Ce choix, préférant le jour de la vente au jour de la restitution évoqué par le texte général, concilie la réforme des obligations avec la finalité propre des restitutions résolutoires. La valeur réelle de la chose échangée prime, afin d’éviter qu’une fluctuation ultérieure, indépendante du vice, ne fausse l’équilibre. L’arrêt maintient ainsi une ligne constante, déjà validée par la jurisprudence de la Cour de cassation.
La détermination chiffrée s’appuie sur l’expertise judiciaire, dont les termes sont clairs. La cour retient que « Il résulte du rapport d’expertise judiciaire que le véhicule était une épave avec une valeur pour pièces de 500 €. » La somme, non contestée, devient la base de la restitution en valeur. La solution est pragmatique. Elle protège l’acheteur en garantissant la restitution du prix et évite l’enrichissement sans cause en allouant la valeur résiduelle au vendeur.

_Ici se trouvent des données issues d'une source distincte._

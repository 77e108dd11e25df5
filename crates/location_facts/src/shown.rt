//! Decides whether all rules into a fact's symbol imply it under a list: due rules are queried, and the earlier answers
//! of the others remain valid.

ghost use Rattle.std.specs.Prelude.{◌≡◌, ◌≢◌, ℕ, List, length, map, Some, slice_get, IfOk, Bool};
ghost use Rattle.std.specs.List.{All};
ghost use Rattle.poly_terms.specs.linear_forms.Forms.{Form};
ghost use Rattle.poly_terms.specs.Views.{form_of};
ghost use Rattle.its_model.specs.Valid.{IsValid};
ghost use Rattle.its_model.specs.Views.{program_of};
ghost use Rattle.cert_types.specs.Composing.{AreRowsOf};
ghost use Rattle.rule_questions.specs.EmptyAnswers.{IsPrepared};
ghost use Rattle.location_facts.specs.declared.fact.LocFact.{LocFact as Fact};
ghost use Rattle.location_facts.specs.Due.{AreUnder, AnyUnder, HasRows, IsShownEarlier, AnswersAgain, RefutesQueried};
ghost use Rattle.location_facts.specs.Due.{HasNoElement, proofs_in, elements_in};
ghost use Rattle.location_facts.specs.Elements.{IsMeasured, AreElements};
ghost use Rattle.location_facts.specs.Faults.{rules_into as rules_to};
ghost use Rattle.location_facts.specs.Implied.{DecidesGoal, DecidesProofs, proof_in};
ghost use Rattle.location_facts.specs.Rows.{row_after as goal_of};
ghost use Rattle.location_facts.specs.Tables.{AreRulesInto};

use crate::checks::rules_into;
use crate::elements::{Element, is_refuted};
use crate::fact::{FactProof, LocFact};
use crate::implied::{Answered, RuleUnderFacts, answer_under};
use crate::rules::Search;
use guard_prep::RuleRows;
use poly_terms::Memory;
use std::alloc::Global;
use std::mem;

/// Facts with the proofs that certified each under an earlier list, by position; or without proofs, if they are queried
/// for the first time.
#[derive(Drop)]
pub(crate) struct CandidateFacts<'a> {
    pub facts: &'a [LocFact],
    pub proofs: Vec<Vec<FactProof>>,
}

/// A fact with the proofs that certified it under an earlier list, one for each rule into its symbol; or without
/// proofs, if it is queried for the first time.
#[derive(Drop)]
pub(crate) struct EarlierProofs {
    pub fact: LocFact,
    pub proofs: Vec<FactProof>,
}

/// A rule: its prepared rows, and its state under a list, if it is due.
#[derive(Clone, Copy)]
pub(crate) struct FactQuery<'a> {
    pub prepared_rule: &'a RuleRows,
    pub under: &'a Option<RuleUnderFacts>,
}

/// The answer to whether all rules into its symbol imply a fact.
#[derive(Drop)]
pub(crate) enum FactVerdict {
    /// All of them do, with a proof for each.
    Shown(Vec<FactProof>),
    /// One of them doesn't, as this point or ray shows.
    Refuted(Element),
    /// One of them doesn't.
    Missed,
}

/// Proofs that each rule into its symbol implies a fact, if all do; otherwise the point or ray that refutes it, if one
/// is found. A fact that a known point or ray refutes isn't queried.
///
/// # Errors
///
/// `Memory` if an allocation fails.
pub(crate) fn proofs_under(
    alloc: Global,
    search: Search,
    rules_under_facts: &[Option<RuleUnderFacts>],
    elements: &[Element],
    earlier: EarlierProofs,
) -> Result<FactVerdict, Memory>
    requires valid { IsValid (program_of search.program.now) }
    requires rows { AreRowsOf search.prepared_rules.now (program_of search.program.now) }
    requires into { AreRulesInto (program_of search.program.now) search.into.now }
    requires under { AnyUnder (program_of search.program.now) search.pivots rules_under_facts.now }
    requires measured { All (IsMeasured (program_of search.program.now)) elements.now }
    ensures verdict { IfOk result (λ t. (due : List Bool) (kept : List Fact)
        → AreUnder (program_of search.entry.program.now) search.entry.pivots due kept rules_under_facts.now
        → AreElements (program_of search.entry.program.now) search.entry.pivots kept elements.now
        → IsShownEarlier (program_of search.entry.program.now) search.entry.pivots due kept earlier.fact
        earlier.proofs.items
        → DecidesProofs (program_of search.entry.program.now) search.entry.pivots kept earlier.fact (proofs_in t)) }
    ensures measured { IfOk result (λ t. All (IsMeasured (program_of search.entry.program.now)) (elements_in t)) }
    ensures elements { IfOk result (λ t. (due : List Bool) (kept : List Fact)
        → AreUnder (program_of search.entry.program.now) search.entry.pivots due kept rules_under_facts.now
        → IsShownEarlier (program_of search.entry.program.now) search.entry.pivots due kept earlier.fact
        earlier.proofs.items
        → AreElements (program_of search.entry.program.now) search.entry.pivots kept (elements_in t)) }
{
    if is_refuted(
        search.program,
        search.prepared_rules,
        elements,
        earlier.fact,
    ) {
        return Ok(FactVerdict::Missed);
    }
    match search.into.get(earlier.fact.symbol as usize) {
        Some(into) => proofs_by(alloc, search, rules_under_facts, into, earlier),
        None => {
            let into = rules_into(alloc, search.program, earlier.fact.symbol)?;
            proofs_by(alloc, search, rules_under_facts, &into, earlier)
        }
    }
}

// Proofs by the rules into a fact's symbol, if all of them imply it; otherwise the point or ray that refutes it, if one
// is found.
fn proofs_by(
    alloc: Global,
    search: Search,
    rules_under_facts: &[Option<RuleUnderFacts>],
    into: &[u32],
    earlier: EarlierProofs,
) -> Result<FactVerdict, Memory>
    requires valid { IsValid (program_of search.program.now) }
    requires rows { AreRowsOf search.prepared_rules.now (program_of search.program.now) }
    requires into { into.now ≡ rules_to (program_of search.program.now) earlier.fact.symbol }
    requires under { AnyUnder (program_of search.program.now) search.pivots rules_under_facts.now }
    ensures verdict { IfOk result (λ t. (due : List Bool) (kept : List Fact)
        → AreUnder (program_of search.entry.program.now) search.entry.pivots due kept rules_under_facts.now
        → IsShownEarlier (program_of search.entry.program.now) search.entry.pivots due kept earlier.fact
        earlier.proofs.items
        → DecidesProofs (program_of search.entry.program.now) search.entry.pivots kept earlier.fact (proofs_in t)) }
    ensures measured { IfOk result (λ t. All (IsMeasured (program_of search.entry.program.now)) (elements_in t)) }
    ensures elements { IfOk result (λ t. (due : List Bool) (kept : List Fact)
        → AreUnder (program_of search.entry.program.now) search.entry.pivots due kept rules_under_facts.now
        → IsShownEarlier (program_of search.entry.program.now) search.entry.pivots due kept earlier.fact
        earlier.proofs.items
        → AreElements (program_of search.entry.program.now) search.entry.pivots kept (elements_in t)) }
{
    let EarlierProofs {
        fact,
        proofs: mut earlier_proofs,
    } = earlier;
    let mut proofs = Vec::new(alloc);
    for k in 0..into.len() {
        let rule = into[k];
        let prepared_rule = &search.prepared_rules[rule as usize - 1];
        let under = &rules_under_facts[rule as usize - 1];
        let asked = FactQuery {
            prepared_rule,
            under,
        };
        let before = taken_proof(alloc, &mut earlier_proofs, k);
        match proof_by(alloc, asked, fact, before, search.pivots)? {
            Answered::Shown(proof) => {
                proofs.push(proof)?;
            }
            Answered::Refuted(at) => return Ok(FactVerdict::Refuted(Element { rule, at })),
            Answered::Missed => return Ok(FactVerdict::Missed),
        }
    }
    Ok(FactVerdict::Shown(proofs))
}

// Takes the proof at a position, if there is one.
fn taken_proof(alloc: Global, proofs: &mut Vec<FactProof>, k: usize) -> Option<FactProof>
    ensures taken { result ≡ slice_get proofs.old.items k }
    ensures others { (j : ℕ) → j ≢ k → slice_get proofs.new.items j ≡ slice_get proofs.old.items j }
{
    match proofs.get_mut(k) {
        Some(proof) => Some(mem::replace(proof, FactProof::Empty(Vec::new(alloc)))),
        None => None,
    }
}

// Whether a rule implies a fact, by a query or by the earlier proof.
fn proof_by(
    alloc: Global,
    asked: FactQuery,
    fact: LocFact,
    earlier: Option<FactProof>,
    pivots: u32,
) -> Result<Answered, Memory>
    requires prepared { IsPrepared asked.prepared_rule.now }
    requires rows { HasRows asked.prepared_rule.now.unknowns asked.under.now }
    ensures verdict { IfOk result (λ a. (rows : List Form)
        → AnswersAgain pivots asked.entry.prepared_rule.now.unknowns rows
        (goal_of (map form_of asked.entry.prepared_rule.now.new_values.items) fact) asked.entry.under.now earlier
        → DecidesGoal pivots asked.entry.prepared_rule.now.unknowns rows
        (goal_of (map form_of asked.entry.prepared_rule.now.new_values.items) fact) (proof_in a)) }
    ensures stands { IfOk result (RefutesQueried asked.entry.prepared_rule.now.unknowns
        (goal_of (map form_of asked.entry.prepared_rule.now.new_values.items) fact) asked.entry.under.now) }
{
    match asked.under {
        Some(under) => answer_under(alloc, asked.prepared_rule, under, fact, pivots),
        None => Ok(refuting_answer(earlier)),
    }
}

// The answer that an optional earlier proof gives.
fn refuting_answer(earlier: Option<FactProof>) -> Answered
    ensures same { proof_in result ≡ earlier }
    ensures none { HasNoElement result }
{
    match earlier {
        Some(proof) => Answered::Shown(proof),
        None => Answered::Missed,
    }
}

B. L’écartement des dommages-intérêts et la discipline procédurale
La cour refuse toute indemnisation supplémentaire, faute de mauvaise foi établie. Elle rappelle le principe directeur applicable au vendeur non informé du vice, en citant que « Il résulte de l’article 1646 du code civil que si le vendeur ignorait les vices de la chose, il ne sera tenu qu’à la restitution du prix et à rembourser à l’acquéreur les frais occasionnés par la vente. » Cette règle préserve l’équilibre du régime en l’absence de preuve d’une dissimulation intentionnelle.
L’arrêt s’inscrit dans une appréciation concrète de la preuve. L’existence d’un contrôle technique récent ne mentionnant pas la corrosion, l’absence d’indices convergents de connaissance effective et le bref intervalle de revente militent contre la qualification de mauvaise foi. La critique est mesurée. Elle s’accorde avec l’exigence probatoire en matière de dol ou de connaissance du vice.
Sur le terrain procédural, la cour confirme le rejet de la demande pour comportement dilatoire. Elle rappelle utilement que « L’article 32-1 du code de procédure civile dispose que celui qui agit en justice de manière dilatoire ou abusive peut être condamné à une amende civile d’un maximum de 10 000 euros, sans préjudice des dommages-intérêts qui seraient réclamés. » L’appel en garantie envisagé en première instance ne dégénérait pas en abus, dès lors que l’incertitude technique initiale et la position de profane du vendeur étaient établies.
Cette appréciation des accessoires demeure cohérente avec l’économie générale de l’arrêt. L’allocation d’une indemnité procédurale à l’acheteur, corrélée à la charge des dépens supportée par le vendeur, répond à un souci d’équité sans infléchir le principe posé sur l’absence de faute dolosive. L’ensemble consolide une solution équilibrée, respectueuse des standards probatoires et des finalités restitutoires.